Here is a problem that most people would be happy to have: You suddenly find yourself with an extra $100,000 in discretionary cash on hand, and you're not sure what to do with it. The operative word here is discretionary. We're assuming that your $100,000 of extra cash really is extra and that you do not have any outstanding debt, especially high-interest credit card debt. If you do have debt outstanding, then most finance professionals would say that your number-one priority for that chunk of change is to pay down your debt.

Once that is done, and if you already have some other assets in place—such as a viable retirement plan, an adequate emergency fund, and some other well-placed capital—then you're already ahead of the game. If so, then you probably know what some of your options are already. However, if you are new to investing, then you may want to start with some research.

In any case, there is no one "best way" to use this cash; there are many options. If in the face of these options, deciding what to do with $100,000 seems daunting and you become complacent, then you could be missing out on rewarding opportunities. As with any other financial decision, your job here is to choose the investment vehicle—or combination of vehicles —that is right for you. Cited below are some of the best options for your cash that you might not have considered, or which you may want to reconsider.

Real Estate

Although perhaps not the most exciting prospect, consider paying off your mortgage if you have one. If you do not own your home or another investment property, then do think about investing in real estate. Real estate can be a solid investment, but it is complicated; it requires that you do your due diligence.

Taxable Investments

You also can put your extra cash into taxable investments. The advantages are that when you decide to withdraw your cash, this money will be tax-free because the principal that you invested has already been taxed. However, any money earned on interest, capital gains or an increase in the initial investment will be considered as taxable income.

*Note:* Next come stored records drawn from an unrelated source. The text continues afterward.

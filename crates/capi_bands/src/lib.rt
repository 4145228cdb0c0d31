// The library for C (include/jonquilsaw.h), the calls of a band: numbers and slices only, as capi_jobs has them.
#![tactic(auto)]

ghost use Rattle.std.specs.Prelude.{◌≡◌, length};
ghost use Rattle.capi_bands.specs.Bands.{number_of_count, count_after_count, number_of_band, record_after_band, work_after_band, count_after_band};

use capi_record::{read_job, store_job};
use capi_words::{BOUNDARY, store};
use job_band::{band_rows, offer_band};
use pixels::Refusal;

// How many rows the next band of the job has that the record's words tell, in one lent word.
// Rules out: a count of 0 stored always; a record that breaks the rules counted.
#[unsafe(no_mangle)]
pub extern "C" fn jonquilsaw_band_count(record: &[u32], count: &mut [u32]) -> u32
    ensures number { result ≡ number_of_count «record».now (length count.old) }
    ensures count { count.new ≡ count_after_count «record».now count.old }
{
    if count.len() < 1 {
        return BOUNDARY;
    }
    let Some(job) = read_job(record) else {
        return Refusal::InvalidRecord.number();
    };
    if !job.check() {
        return Refusal::InvalidRecord.number();
    }
    store(&[band_rows(job)], count);
    0
}

// Offers the rows of the next band to the job that the record's words tell; how many were accepted in one lent word.
// Rules out: two words asked for the count; the record passed in stored.
#[unsafe(no_mangle)]
pub extern "C" fn jonquilsaw_band_offer(
    record: &mut [u32],
    rows: &[u8],
    work: &mut [u32],
    count: &mut [u32],
) -> u32
    ensures number { result ≡ number_of_band «record».old (length rows.now) (length work.old) (length count.old) }
    ensures record { «record».new ≡ record_after_band «record».old (length rows.now) (length work.old) (length count.old) }
    ensures work { work.new ≡ work_after_band «record».old rows.now work.old (length count.old) }
    ensures count { count.new ≡ count_after_band «record».old (length rows.now) (length work.old) count.old }
{
    if count.len() < 1 {
        return BOUNDARY;
    }
    let Some(job) = read_job(record) else {
        return Refusal::InvalidRecord.number();
    };
    let answer = offer_band(job, rows, work);
    match answer.said {
        Err(why) => why.number(),
        Ok(n) => {
            store_job(answer.next, record);
            store(&[n], count);
            0
        }
    }
}
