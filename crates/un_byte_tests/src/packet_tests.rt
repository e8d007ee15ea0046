//! Each public call once.

use std::test::Fail;
use un_frame::Kind;
use un_packet::{carry, ecm_append, ecm_read, packet_at, packets};
use un_req::Pool;

#[test]
fn carries_a_transfer_of_full_packets(rt: HostRuntime) -> Result<(), Fail> {
    let mut pool = Pool::make(rt.alloc(), 2, 32)?;
    let mut from = pool.take().ok_or("none is home")?;
    let mut into = pool.take().ok_or("none is home")?;
    from.push(&[1, 2, 3, 4, 5, 6, 7, 8, 9, 10, 11, 12, 13, 14, 15, 16]);
    from.stamp(2, 3, 1);
    assert_eq!(rt; (packets(16, 8), packets(15, 8), packets(0, 8)), (3, 2, 1));
    assert_eq!(rt;
        packet_at(from.bytes(), 8, 1),
        [9, 10, 11, 12, 13, 14, 15, 16].as_slice()
    );
    carry(&from, &mut into, 8);
    assert_eq!(rt; into.bytes(), from.bytes());
    assert_eq!(rt; (into.from(), into.to(), into.serial()), (2, 3, 1));
    assert_ne!(rt; into.number(), from.number());
    Ok(())
}

#[test]
fn reads_a_frame(rt: HostRuntime) -> Result<(), Fail> {
    let mut pool = Pool::make(rt.alloc(), 1, 32)?;
    let mut request = pool.take().ok_or("none is home")?;
    ecm_append(&mut request, &[2, 0, 0, 0, 0, 2, 2, 0, 0, 0, 0, 1, 8, 0]);
    let frame = ecm_read(request.bytes()).ok().ok_or("a frame was refused")?;
    assert_eq!(rt; frame.len(), 14);
    let fault = ecm_read(&[2, 0, 0]).err().ok_or("three bytes were read")?;
    assert_eq!(rt; (fault.kind, fault.at), (Kind::ShortFrame, 0));
    Ok(())
}
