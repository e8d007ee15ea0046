//! Each public call once.

use std::test::Fail;
use un_facts::{between, copies_add_up, count, spans};

#[test]
fn numbers_stand_in_ranges(rt: HostRuntime) -> Result<(), Fail> {
    copies_add_up();
    assert!(rt;
        between(2048, 4096, 4096),
        "a range ends before its high end"
    );
    assert!(rt;
        !spans(3, 5, 5) && spans(3, 5, 3),
        "a span holds its end or not its first"
    );
    assert_eq!(rt; (count(true), count(false)), (1, 0));
    Ok(())
}
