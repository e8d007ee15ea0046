//! Where the frames of a transfer stand, told into arrays.

use std::test::Fail;
use un_frame::{Class, Fault, Kind, Span};
use un_wire::read_spans;

/// Two packets of EEM, each with the same frame of 14 bytes, and an echo of three bytes between them.
const PACKETS: [u8; 45] = *b"\x12\0\x02\0\0\0\0\x02\x02\0\0\0\0\x01\x08\0\xde\xad\xbe\xef\
\x03\x80\x01\x02\x03\
\x12\0\x02\0\0\0\0\x02\x02\0\0\0\0\x01\x08\0\xde\xad\xbe\xef";

/// What stands in an array where nothing is told.
const UNTOLD: Span = Span { at: 7, size: 7 };

/// How many frames and commands a transfer of EEM has.
fn held(bytes: &[u8], spans: &mut [Span]) -> Result<(usize, u64), Fault> {
    let held = read_spans(Class::Eem, bytes, spans)?;
    Ok((held.frames, held.commands))
}

/// Each frame is told where the array has room, and counted where it hasn't.
#[test]
fn frames_are_told(rt: HostRuntime) -> Result<(), Fail> {
    let mut room = [UNTOLD; 3];
    assert_eq!(rt; held(&PACKETS, &mut room), Ok((2, 1)));
    assert_eq!(rt; (room[0].at, room[0].size), (2, 14));
    assert_eq!(rt; (room[1].at, room[1].size), (27, 14));
    assert_eq!(rt; (room[2].at, room[2].size), (7, 7));
    let mut one = [UNTOLD; 1];
    assert_eq!(rt; held(&PACKETS, &mut one), Ok((2, 1)));
    assert_eq!(rt; (one[0].at, one[0].size), (2, 14));
    assert_eq!(rt; held(&PACKETS, &mut []), Ok((2, 1)));
    Ok(())
}

/// A fault is told, and the array stays.
#[test]
fn a_fault_tells_no_frame(rt: HostRuntime) -> Result<(), Fail> {
    let mut one = [UNTOLD; 1];
    let fault = Fault {
        kind: Kind::Truncated,
        at: 25,
    };
    assert_eq!(rt; held(&PACKETS[..44], &mut one), Err(fault));
    assert_eq!(rt; (one[0].at, one[0].size), (7, 7));
    Ok(())
}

Among the more common taxable investments are stocks, bonds, mutual funds, and exchange-traded funds (ETFs). Some of these instruments, like dividend-paying stocks, could generate periodic income. This approach might be particularly attractive today, as dividends and long-term capital gains receive favorable tax treatment relative to earned income and ordinary interest income.

However, if you are squeamish about investing in the market and want to be completely safe, you can invest the money in high-yielding certificates of deposit (CDs) or in a high-interest savings account. Currently, the best rates for high-yield savings accounts are coming from the online platforms of various financial services firms whose names you might already know—such as Goldman Sachs, American Express, and Barclays Bank. You can even find some websites that will aggregate and compare the options for high-yield savings accounts for you.

Finally, if your pension plan is an individual retirement account (IRA) or a 401(k), both of which are tax-deductible but not tax-free, you could look into opening a Roth IRA account, as the money drawn during retirement from a Roth IRA is not taxed.

Diversify, Diversify, Diversify

Although an amount of money is a relative concept, $100,000 is a respectable enough sum to be able to apply the Investing 101 mantra of diversification. In other words, you may divide up the $100,000, putting a portion of it into vehicles that you already own, like your IRA, and trying some new investment tools with the balance. Deciding how to allocate this kind of extra capital involves weighing your options carefully, considering your short- and long-term financial goals, and being realistic about your own tolerance for risk. As always, it is a good idea to seek the advice of a financial professional before investing.